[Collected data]
┄┄┄┄┄┄

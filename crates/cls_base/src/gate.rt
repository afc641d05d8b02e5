/// Is told of each claim that a worker makes. It has no effect on any answer, and lets a test watch or hold up workers.
pub trait Gate {
    /// Called by a worker right before it works on a goal that it has claimed. It may have claimed several at once. `nth` is
    /// the number of claims that were made before this one.
    fn at_claim(&self, worker: u32, nth: u64);
}

/// A gate that does nothing.
#[derive(Clone, Copy, Debug, PartialEq, Eq)]
pub struct OpenGate;

impl Gate for OpenGate {
    fn at_claim(&self, _worker: u32, _nth: u64) {}
}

┄┄┄┄┄┄

What the task requires: Return all of the data precisely as it appears.

Written reply:
filename crates/cls_base/src/gate.rt
repository afc641d05d8b02e5
/// Is told of each claim that a worker makes. It has no effect on any answer, and lets a test watch or hold up workers.
pub trait Gate {
    /// Called by a worker right before it works on a goal that it has claimed. It may have claimed several at once. `nth` is
    /// the number of claims that were made before this one.
    fn at_claim(&self, worker: u32, nth: u64);
}

/// A gate that does nothing.
#[derive(Clone, Copy, Debug, PartialEq, Eq)]
pub struct OpenGate;

impl Gate for OpenGate {
    fn at_claim(&self, _worker: u32, _nth: u64) {}
}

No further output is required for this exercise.